Знание механизмов действия препаратов на опухолевые и нормальные клетки способствует направленному созданию новых лекарственных форм с целью ослабления побочного действия на организм в целом. В качестве примера может служить применение противоопухолевых антибиотиков, заключенных в липосомы.
Интересные и полезные сведения об изучаемых веществах можно получить в результате испытания их цитотоксического эффекта in vitro. Ограничивающим фактором при этом является лишь их растворимость.
Известно много различных систем in vitro используемых для испытания противоопухолевых средств. Однако, наиболее ценными в этом плане нужно признать краткосрочные и стационарные культуры опухолей животных и человека.

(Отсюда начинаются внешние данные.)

//! The branches and the ends of plans.
ghost use Rattle.std.specs.Prelude.{◌≡◌, ◌∷◌, [], codes, decimal, ℕ, List, Option, IfOk, MatchOption};
ghost use Rattle.ac_syntax.specs.declared.tree.Order.{Order};
ghost use Rattle.ac_prooftext_lines.specs.ItemReaders.{Reads, IsSpellableNode};
ghost use Rattle.ac_prooftext_lines.specs.Spellable.{IsIndex, IsSpellableLevel};
ghost use Rattle.ac_prooftext_lines.specs.Spelling.{item_words, order_word, level_word};

use crate::fields::one_natural;
use crate::forms::read_form;
use crate::numbers::natural;
use crate::rows::modulus_form;
use crate::words::{Words, is};
use ac_claims::item::Item;
use ac_syntax::tree::Order;
use std::alloc::{AllocError, Global};

fn split_item(alloc: Global, words: &Words<'_>) -> Result<Option<Item>, AllocError>
    ensures { IfOk result (λ found. Reads IsSpellableNode item_words (codes "split" ∷ words.now) found) }
{
    let Some(form) = read_form(alloc, words)? else {
        return Ok(None);
    };
    Ok(Some(Item::Split(form)))
}

fn residue_item(alloc: Global, words: &Words<'_>) -> Result<Option<Item>, AllocError>
    ensures { IfOk result (λ found. Reads IsSpellableNode item_words (codes "residue" ∷ words.now) found) }
{
    let Some((modulus, form)) = modulus_form(alloc, words)? else {
        return Ok(None);
    };
    Ok(Some(Item::Residue(modulus, form)))
}

/// The order of arguments that the next word names, which is passed.
fn next_order(words: &mut Words<'_>) -> Option<Order>
    ensures { MatchOption result ((o : Order) (rest : List (List ℕ)) → ¬ (words.old ≡ order_word o ∷ rest)) (λ o. words.old ≡ order_word o ∷ words.new) }
{
    let Some(word) = words.next() else {
        return None;
    };
    if is(word, b"keep") {
        return Some(Order::Keep);
    }
    if is(word, b"swap") {
        return Some(Order::Swap);
    }
    None
}

/// An order of arguments and a number.
fn order_natural(words: &Words<'_>) -> Option<(Order, usize)>
    ensures { Reads (λ (p : Order × ℕ). IsIndex p.1) (λ p. order_word p.0 ∷ decimal p.1 ∷ []) words.now result }
{
    let mut words = words.again();
    let Some(order) = next_order(&mut words) else {
        return None;
    };
    let Some(cases) = words.last_natural() else {
        return None;
    };
    Some((order, cases))
}

fn go_item(words: &Words<'_>) -> Option<Item>
    ensures { Reads IsSpellableNode item_words (codes "go" ∷ words.now) result }
{
    let Some((order, cases)) = order_natural(words) else {
        return None;
    };
    Some(Item::Go { order, cases })
}

fn absurd_item(words: &Words<'_>) -> Option<Item>
    ensures { Reads IsSpellableNode item_words (codes "absurd" ∷ words.now) result }
{
    let Some(row) = one_natural(words) else {
        return None;
    };
    Some(Item::Absurd(row))
}

fn hit_item(words: &Words<'_>) -> Option<Item>
    ensures { Reads IsSpellableNode item_words (codes "hit" ∷ words.now) result }
{
    let Some(claim) = one_natural(words) else {
        return None;
    };
    Some(Item::Hit(claim))
}

fn number_item(words: &Words<'_>) -> Option<Item>
    ensures { Reads IsSpellableNode item_words (codes "number" ∷ words.now) result }
{
    if words.is_done() {
        Some(Item::Number)
    } else {
        None
    }
}

fn initial_item(words: &Words<'_>) -> Option<Item>
    ensures { Reads IsSpellableNode item_words (codes "initial" ∷ words.now) result }
{
    if words.is_done() {
        Some(Item::Initial)
    } else {
        None
    }
}

/// The level that a word spells, `-` for none.
fn read_level(word: &[u8]) -> Option<Option<usize>>
    ensures { Reads IsSpellableLevel level_word word.now result }
{
    if is(word, b"-") {
        return Some(None);
    }
    let Some(level) = natural(word) else {
        return None;
    };
    Some(Some(level))
}

/// The level that the next word spells, which is passed.
fn next_level(words: &mut Words<'_>) -> Option<Option<usize>>
    ensures { MatchOption result ((l : Option ℕ) (rest : List (List ℕ)) → IsSpellableLevel l → ¬ (words.old ≡ level_word l ∷ rest)) (λ l. IsSpellableLevel l × (words.old ≡ level_word l ∷ words.new)) }
{
    let Some(word) = words.next() else {
        return None;
    };
    read_level(word)
}

/// A copy: its assignment, its piece, the two levels and the number of its choices.
fn copy_fields(words: &Words<'_>) -> Option<(usize, usize, Option<usize>, usize, usize)>
    ensures { Reads (λ (p : ℕ × ℕ × Option ℕ × ℕ × ℕ). IsIndex p.0 × IsIndex p.1 × IsSpellableLevel p.2 × IsIndex p.3 × IsIndex p.4) (λ p. decimal p.0 ∷ decimal p.1 ∷ level_word p.2 ∷ decimal p.3 ∷ decimal p.4 ∷ []) words.now result }
{
    let mut words = words.again();
    let Some(stmt) = words.natural() else {
        return None;
    };
    let Some(piece) = words.natural() else {
        return None;
    };
    let Some(after) = next_level(&mut words) else {
        return None;
    };
    let Some(before) = words.natural() else {
        return None;
    };
    let Some(choices) = words.last_natural() else {
        return None;
    };
    Some((stmt, piece, after, before, choices))
}

fn killed_item(words: &Words<'_>) -> Option<Item>
    ensures { Reads IsSpellableNode item_words (codes "killed" ∷ words.now) result }
{
    let Some((stmt, piece, after, before, choices)) = copy_fields(words) else {
        return None;
    };
    Some(Item::Killed {
        stmt,
        piece,
        after,
        before,
        choices,
    })
}

/// The branch or the end of a plan that words spell.
pub fn read_node(alloc: Global, words: &Words<'_>) -> Result<Option<Item>, AllocError>
    ensures { IfOk result (λ found. Reads IsSpellableNode item_words words.now found) }
{
    let mut words = words.again();
    let Some(name) = words.next() else {
        return Ok(None);
    };
    if is(name, b"split") {
        return split_item(alloc, &words);
    }
    if is(name, b"residue") {
        return residue_item(alloc, &words);
    }
    if is(name, b"go") {
        return Ok(go_item(&words));
    }
    if is(name, b"absurd") {
        return Ok(absurd_item(&words));
    }
    if is(name, b"hit") {
        return Ok(hit_item(&words));
    }
    if is(name, b"number") {
        return Ok(number_item(&words));
    }
    if is(name, b"initial") {
        return Ok(initial_item(&words));
    }
    if is(name, b"killed") {
        return Ok(killed_item(&words));
    }
    Ok(None)
}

Подобные системы используются главным образом для прескрининга противоопухолевых препаратов. При этом около 80-85% соединений, проявляющих противоопухолевую активность in vivo, отбираются в системах опухолевых клеток in vitro.
Однако, ценность этих исследований состоит прежде всего в возможности получения дополнительной информации о механизме действия изучаемых веществ. Так, наличие цитотоксического эффекта in vitro свидельствует о прямом действии препарата на опухоль. По величине дозы, вызывающей определённый эффект (например, ЕД50) in vitro, можно судить о концентрации препарата, которую необходимо создать в опухоли in vivo для подавления её роста исследуемыми препаратами. При прескрининге в большинстве случаев активными признаются вещества, ЕД50 которых не превышает 100 мкг/мл.
Экспериментальные животные
Современный уровень развития биоорганической химии требует проведения экспериментальных исследований с использованием контролируемого в генетическом отношении материала. Таким материалом служат чистолинейные или инбредные животные. Особенностью инбредных животных является их гомозиготность, которая обеспечивает генетическую тождественность всех особей в пределах определённых групп (линий). В природных условиях чистых линий животных не существует. Они выведены человеком и представляют собой искусственную популяцию.
В биологических испытаниях наиболее широко в качестве экспериментальных животных используют мышей, крыс, кроликов, морских свинок, хомячков, реже птиц, собак, обезьян. С генетической точки зрения все лабораторные животные могут быть разделены на три типа: беспородные или стихийно скрещиваемые, рандомбредные и инбредные или чистолинейные.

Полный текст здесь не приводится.